Show every line of the data that includes the word "image".

BEGIN

// Runs `rules::member`, `rules::stretch` and the calls on a monitor over document 01's small rules, and writes a line for
// each. A word is written as its letters in a row.
#![tactic(auto)]

use rules::{Monitor, SCRATCH_SIZE};
use std::io;

// A word has room for one letter more than it may have.
fn member(rt: &impl Print, line: &[u8], rule: &[u8], scratch: &mut [u8]) -> io::Result<()> {
    let mut u = [0u8; 4225];
    let mut v = [0u8; 4225];
    let m = example_text::numbers(line, 3, &mut u);
    let n = example_text::numbers(line, 4, &mut v);
    example_text::label(rt, line)?;
    example_text::verdict_line(rt, rules::member(rule, &u[..m], &v[..n], scratch))
}

fn word_line(rt: &impl Print, word: &[u8]) -> io::Result<()> {
    for letter in word {
        rt.print(*letter)?;
    }
    print!(rt; "\n")
}

fn stretch(rt: &impl Print, line: &[u8], u: &[u8]) -> io::Result<()> {
    let mut v = [0u8; 4225];
    let n = example_text::numbers(line, 3, &mut v);
    example_text::label(rt, line)?;
    word_line(
        rt,
        rules::stretch(u, &v[..n], example_text::number(line, 4)),
    )
}

// Events and marks move the monitor on, and `put` puts another in its place.
fn moved(
    rt: &impl Print,
    line: &[u8],
    rule: &[u8],
    m: Monitor,
    scratch: &mut [u8],
) -> io::Result<Monitor> {
    match example_text::command(line) {
        b"event" => example_text::monitor_line(
            rt,
            rules::event(rule, m, example_text::byte(line, 3), scratch),
        ),
        b"mark" => example_text::monitor_line(rt, rules::mark(rule, m, scratch)),
        b"put" => Ok(Monitor {
            before: example_text::number(line, 3),
            since: example_text::number(line, 4),
        }),
        _ => Ok(m),
    }
}

fn run(rt: &impl Print, line: &[u8], m: Monitor, scratch: &mut [u8]) -> io::Result<Monitor> {
    let mut first = [0u8; 4225];
    let length = example_text::numbers(line, 2, &mut first);
    match example_text::command(line) {
        b"lasso" => {
            member(rt, line, &first[..length], scratch)?;
            Ok(m)
        }
        b"stretch" => {
            stretch(rt, line, &first[..length])?;
            Ok(m)
        }
        _ => moved(rt, line, &first[..length], m, scratch),
    }
}

fn main(rt: HostRuntime) -> io::Result<()> {
    let mut scratch = [7u8; SCRATCH_SIZE];
    let mut m = rules::fresh();
    example_text::each_line(
        b"M2 W, u 1, v 0: lasso: 2 0 0 0 1 2 0 1 1 0 0 0 3: 1: 0\n\
        M3 W, u 0, v 1: lasso: 2 0 0 0 1 2 0 1 1 0 0 0 3: 0: 1\n\
        W, u 0, v 0 1: lasso: 2 0 0 0 1 2 0 1 1 0 0 0 3: 0: 0 1\n\
        M6 Z, u 0, v 1: lasso: 2 0 1 1 0 2 1 0 1 0 0 0 3: 0: 1\n\
        M6 Z, u 0, v 0 0: lasso: 2 0 1 1 0 2 1 0 1 0 0 0 3: 0: 0 0\n\
        M7 Z with letter 0 only, u 0, v 0: lasso: 2 0 1 1 0 1 1 1 0 0 0 3: 0: 0\n\
        Z, u 0, v 0: lasso: 2 0 1 1 0 2 1 0 1 0 0 0 3: 0: 0\n\
        Z without marks, u 0, v 0: lasso: 2 0 1 1 0 2 1 0 0 0: 0: 0\n\
        # The remainders by 4 under addition, with letters of image 1 and 2 and the mark (0, 0). A weak rule; both v have the value 2.\n\
        remainders by 4, u 0, v 1: lasso: 4 0 1 2 3 1 2 3 0 2 3 0 1 3 0 1 2 2 1 2 1 0 0 0 3: 0: 1\n\
        remainders by 4, u 0, v 0 0: lasso: 4 0 1 2 3 1 2 3 0 2 3 0 1 3 0 1 2 2 1 2 1 0 0 0 3: 0: 0 0\n\
        # An element says which letters occur. Only letter 1 has grade 3; both, then only letter 1, grade 2; both, then only letter 0, grade 1; the\n\
        # others have no mark.\n\
        every grade, u 0, v 0: lasso: 3 0 2 2 2 1 2 2 2 2 2 0 1 3 0 2 0 1 2 1 2 1 1 3: 0: 0\n\
        every grade, u 0, v 0 1: lasso: 3 0 2 2 2 1 2 2 2 2 2 0 1 3 0 2 0 1 2 1 2 1 1 3: 0: 0 1\n\
        every grade, u 1, v 0: lasso: 3 0 2 2 2 1 2 2 2 2 2 0 1 3 0 2 0 1 2 1 2 1 1 3: 1: 0\n\
        every grade, u 0, v 1: lasso: 3 0 2 2 2 1 2 2 2 2 2 0 1 3 0 2 0 1 2 1 2 1 1 3: 0: 1\n\
        every grade, u 1, v 1: lasso: 3 0 2 2 2 1 2 2 2 2 2 0 1 3 0 2 0 1 2 1 2 1 1 3: 1: 1\n\
        # Z with grade 1 on (0, 0) and 2 on (1, 0), a weak rule. The last two lassos have starts and cycles of equal values.\n\
        Z with grades 1 and 2, u 0, v 0: lasso: 2 0 1 1 0 2 1 0 2 0 0 0 1 1 0 2: 0: 0\n\
        Z with grades 1 and 2, u 1, v 1: lasso: 2 0 1 1 0 2 1 0 2 0 0 0 1 1 0 2: 1: 1\n\
        Z with grades 1 and 2, u 1, v 0 0: lasso: 2 0 1 1 0 2 1 0 2 0 0 0 1 1 0 2: 1: 0 0\n\
        # The remainders by 64 under addition, with one letter of image 1 and the mark (0, 0), then without it.\n\
        cyclic group of 64, u 0, v 0: lasso: 64 sums 1 1 1 3*0 3: 0: 0\n\
        cyclic group of 64, u 63 letters, v 0: lasso: 64 sums 1 1 1 3*0 3: 63*0: 0\n\
        cyclic group of 64, u 0, v 32 letters: lasso: 64 sums 1 1 1 3*0 3: 0: 32*0\n\
        cyclic group of 64 without marks, u 0, v 0: lasso: 64 sums 1 1 0 0: 0: 0\n\
        a foreign letter in u: lasso: 2 0 0 0 1 2 0 1 1 0 0 0 3: 0 1 2: 0 2\n\
        a foreign letter in v: lasso: 2 0 0 0 1 2 0 1 1 0 0 0 3: 0 1: 0 2\n\
        W, no letter in u, v 0: lasso: 2 0 0 0 1 2 0 1 1 0 0 0 3: : 0\n\
        W, no letter in u, v 1: lasso: 2 0 0 0 1 2 0 1 1 0 0 0 3: : 1\n\
        Z, no letter in u, v 1: lasso: 2 0 1 1 0 2 1 0 1 0 0 0 3: : 1\n\
        M10's rule, no letter in u, v 0: lasso: 3 0 2 2 0 1 2 0 2 2 2 0 1 2 0 0 0 3 2 2 3: : 0\n\
        M10's rule, no letter in u, v 1: lasso: 3 0 2 2 0 1 2 0 2 2 2 0 1 2 0 0 0 3 2 2 3: : 1\n\
        no letter in u, and a foreign one in v: lasso: 2 0 0 0 1 2 0 1 1 0 0 0 3: : 2\n\
        no letter in v: lasso: 2 0 0 0 1 2 0 1 1 0 0 0 3: 2:\n\
        no letter in u or v: lasso: 2 0 0 0 1 2 0 1 1 0 0 0 3: :\n\
        a rule that does not associate: lasso: 2 1 0 0 0 1 0 0 0: :\n\
        u of 4,224 letters: lasso: 2 0 0 0 1 2 0 1 1 0 0 0 3: 4224*0: 0\n\
        v of 4,224 letters: lasso: 2 0 0 0 1 2 0 1 1 0 0 0 3: 1: 4224*0\n\
        u of 4,225 letters: lasso: 2 0 0 0 1 2 0 1 1 0 0 0 3: 4225*0: 0\n\
        v of 4,225 letters: lasso: 2 0 0 0 1 2 0 1 1 0 0 0 3: 1: 4225*0\n\
        stretch at 0: stretch: 1 2 3: 4 5 6 7: 0\n\
        stretch at 2: stretch: 1 2 3: 4 5 6 7: 2\n\
        stretch at 3: stretch: 1 2 3: 4 5 6 7: 3\n\
        stretch at 9: stretch: 1 2 3: 4 5 6 7: 9\n\
        stretch at the largest position: stretch: 1 2 3: 4 5 6 7: 18446744073709551615\n\
        stretch with no start: stretch: : 4 5 6 7: 0\n\
        stretch with no start at 6: stretch: : 4 5 6 7: 6\n\
        stretch with no cycle: stretch: 1 2 3: : 0\n\
        stretch with a long start: stretch: 4225*9: 1: 0\n\
        stretch with a long cycle: stretch: 1: 4225*9: 0\n\
        # Events and marks of Z, whose letter 0 stands for 1 and letter 1 for 0, from a fresh monitor on.\n\
        : mark: 2 0 1 1 0 2 1 0 1 0 0 0 3\n\
        : event: 2 0 1 1 0 2 1 0 1 0 0 0 3: 0\n\
        : event: 2 0 1 1 0 2 1 0 1 0 0 0 3: 2\n\
        : mark: 2 0 1 1 0 2 1 0 1 0 0 0 3\n\
        : event: 2 0 1 1 0 2 1 0 1 0 0 0 3: 1\n\
        : mark: 2 0 1 1 0 2 1 0 1 0 0 0 3\n\
        # Monitors with values that Z does not have.\n\
        : put: : 2: 0\n\
        : event: 2 0 1 1 0 2 1 0 1 0 0 0 3: 0\n\
        : put: : 64: 65\n\
        : mark: 2 0 1 1 0 2 1 0 1 0 0 0 3\n",
        |line| {
            m = run(&rt, line, m, &mut scratch)?;
            Ok(())
        },
    )
}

END

▶ ANSWER FOR THE TASK:
        # The remainders by 4 under addition, with letters of image 1 and 2 and the mark (0, 0). A weak rule; both v have the value 2.\n\
        # The remainders by 64 under addition, with one letter of image 1 and the mark (0, 0), then without it.\n\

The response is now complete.